═════ EXERCISE MATERIALS

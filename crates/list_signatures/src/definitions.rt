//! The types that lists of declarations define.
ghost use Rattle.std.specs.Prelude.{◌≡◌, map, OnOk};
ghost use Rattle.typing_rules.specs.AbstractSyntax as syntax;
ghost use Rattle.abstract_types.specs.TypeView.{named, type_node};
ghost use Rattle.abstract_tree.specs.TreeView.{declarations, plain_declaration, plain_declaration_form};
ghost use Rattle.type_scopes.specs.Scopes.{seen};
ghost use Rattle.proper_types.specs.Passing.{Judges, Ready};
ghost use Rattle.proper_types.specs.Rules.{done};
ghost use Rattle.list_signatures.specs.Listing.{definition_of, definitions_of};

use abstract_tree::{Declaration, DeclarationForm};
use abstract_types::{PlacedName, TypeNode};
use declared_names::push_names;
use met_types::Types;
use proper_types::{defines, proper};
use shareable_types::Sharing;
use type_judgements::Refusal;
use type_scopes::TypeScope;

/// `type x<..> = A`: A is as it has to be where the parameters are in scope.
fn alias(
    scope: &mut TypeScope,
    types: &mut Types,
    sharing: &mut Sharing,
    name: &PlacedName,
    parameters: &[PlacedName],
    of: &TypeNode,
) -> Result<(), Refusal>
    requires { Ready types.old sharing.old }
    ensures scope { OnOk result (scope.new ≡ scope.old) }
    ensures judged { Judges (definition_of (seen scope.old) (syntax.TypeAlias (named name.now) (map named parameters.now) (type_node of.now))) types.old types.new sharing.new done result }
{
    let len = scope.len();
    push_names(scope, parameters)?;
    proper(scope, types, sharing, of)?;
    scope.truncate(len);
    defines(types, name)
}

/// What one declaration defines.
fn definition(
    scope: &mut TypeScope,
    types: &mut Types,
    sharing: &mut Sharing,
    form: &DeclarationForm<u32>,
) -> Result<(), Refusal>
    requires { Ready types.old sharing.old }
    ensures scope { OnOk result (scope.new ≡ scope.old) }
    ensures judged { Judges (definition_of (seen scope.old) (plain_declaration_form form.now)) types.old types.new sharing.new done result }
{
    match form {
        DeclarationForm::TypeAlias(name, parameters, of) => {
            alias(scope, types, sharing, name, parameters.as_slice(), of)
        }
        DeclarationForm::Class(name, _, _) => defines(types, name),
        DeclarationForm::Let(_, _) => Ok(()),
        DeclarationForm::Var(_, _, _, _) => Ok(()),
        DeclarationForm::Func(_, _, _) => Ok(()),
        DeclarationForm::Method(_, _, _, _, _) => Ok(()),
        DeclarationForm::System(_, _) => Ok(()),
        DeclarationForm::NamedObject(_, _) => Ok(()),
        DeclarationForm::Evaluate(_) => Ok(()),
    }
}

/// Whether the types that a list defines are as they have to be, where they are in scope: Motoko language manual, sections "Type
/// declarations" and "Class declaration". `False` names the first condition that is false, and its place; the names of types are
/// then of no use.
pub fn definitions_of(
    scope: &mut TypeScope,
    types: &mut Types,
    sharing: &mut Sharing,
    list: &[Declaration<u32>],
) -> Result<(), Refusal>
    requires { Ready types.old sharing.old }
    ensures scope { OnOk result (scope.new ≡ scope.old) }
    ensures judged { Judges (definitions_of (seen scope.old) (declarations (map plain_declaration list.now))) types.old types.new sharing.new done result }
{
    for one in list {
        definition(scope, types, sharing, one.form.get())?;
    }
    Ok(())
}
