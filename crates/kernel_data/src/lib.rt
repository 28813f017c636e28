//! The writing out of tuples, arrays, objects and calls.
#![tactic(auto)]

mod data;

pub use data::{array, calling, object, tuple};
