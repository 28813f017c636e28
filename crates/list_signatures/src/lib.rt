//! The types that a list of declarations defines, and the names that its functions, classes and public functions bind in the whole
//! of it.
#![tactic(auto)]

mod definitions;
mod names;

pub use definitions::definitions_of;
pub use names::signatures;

══════════

- [WHAT IS REQUIRED]
Only lines with the word "judged" are wanted. Find and copy them from the records above.

- [RESPONSE BELOW]
    ensures judged { Judges (definition_of (seen scope.old) (syntax.TypeAlias (named name.now) (map named parameters.now) (type_node of.now))) types.old types.new sharing.new done result }
    ensures judged { Judges (definition_of (seen scope.old) (plain_declaration_form form.now)) types.old types.new sharing.new done result }
    ensures judged { Judges (definitions_of (seen scope.old) (declarations (map plain_declaration list.now))) types.old types.new sharing.new done result }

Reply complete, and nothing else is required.